What Birthdays Do Synthetic Fraudsters Choose?

Charlie Custer

Published

October 10, 2024

synthetic fraud birthday DOB analysis

Third-party synthetic fraudsters invent identities out of whole cloth, making up names, SSNs, and dates of birth to create fake identities they can use to secure credit and (ultimately) potentially defraud a wide variety of institutions. 

It's a serious problem, and one that we spend a lot of time thinking about. At SentiLink, our focus is catching synthetic fraudsters at the point of application, but in our downtime it's also fun to investigate the identities they come up with. For example: since they can choose any DOB they want, what "birthdays" do they choose, and why?

A quick disclaimer

This is just an analysis we did out of curiosity. Specific birthdays are not a part of SentiLink's fraud detection models or any of our fraud prevention products. We would not recommend that anyone looking to catch synthetic identities base their analysis on birthdays. 

Methodology: investigating synthetic DOBs

To answer the question of whether synthetic DOBs differ from real-world DOBs, we looked at a sample of two million applications from SentiLink's data warehouse:

  • 1M applications our models indicate are likely Third-Party Synthetic. 
  • 1M applications our models indicate are likely clear (real people). 
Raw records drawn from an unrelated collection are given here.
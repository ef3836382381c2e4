ghost use Rattle.std.specs.Prelude.{◌≡◌, ◌⊎◌};
ghost use Rattle.std.specs.Option.{option_copied};
ghost use Rattle.fst_outside.specs.Memory.{bytes_of, up_to};

use crate::fault::FetchFault;
use fst_base::{Name, Seq};
use std::alloc::Global;

/// A file in memory.
#[derive(Debug, Drop)]
pub struct File {
    pub name: Name,
    pub bytes: Seq<u8>,
}

/// The bytes of the first file of the name.
pub fn bytes_of<'a>(files: &'a [File], name: &str) -> Option<&'a Seq<u8>>
    ensures { option_copied result ≡ bytes_of files.now name.now }
{
    for file in files {
        if file.name.text() == name {
            return Some(&file.bytes);
        }
    }
    None
}

/// The bytes, where they are at most `limit`.
pub fn up_to(alloc: Global, limit: usize, bytes: &[u8]) -> Result<Seq<u8>, FetchFault>
    ensures { (result ≡ Err FetchFault.NoMemory) ⊎ (result ≡ up_to limit bytes.now) }
{
    if bytes.len() > limit {
        return Err(FetchFault::TooLong);
    }
    let copy = Seq::from_slice(alloc, bytes)?;
    Ok(copy)
}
After filtering to remove duplicates and ensure that each unique identity was counted only once (some identities had multiple applications), we were left with a dataset of 722,470 synthetic identities and 582,030 real identities. 

For context, SentiLink works with a variety of partners, but many are banks, credit unions, and other financial institutions, so this data comes primarily from the population of credit-active Americans.

The most and least common real birthdays 

To understand how synthetic birthdays might differ, we first have to understand what the distribution of real people's birthdays looks like. 

Real birthdays are not distributed equally throughout the year – if they were, we'd see each day representing 0.27% of the total. Instead, here are the ten most common birthdays in our "clear" dataset of non-synthetic identities (i.e. real people):

Most_Real

The first three dates are likely just data artifacts; people will occasionally enter dates like this if they don't wish to share their real information, and some systems may assign 1/1 as a default DOB if one has not been provided. 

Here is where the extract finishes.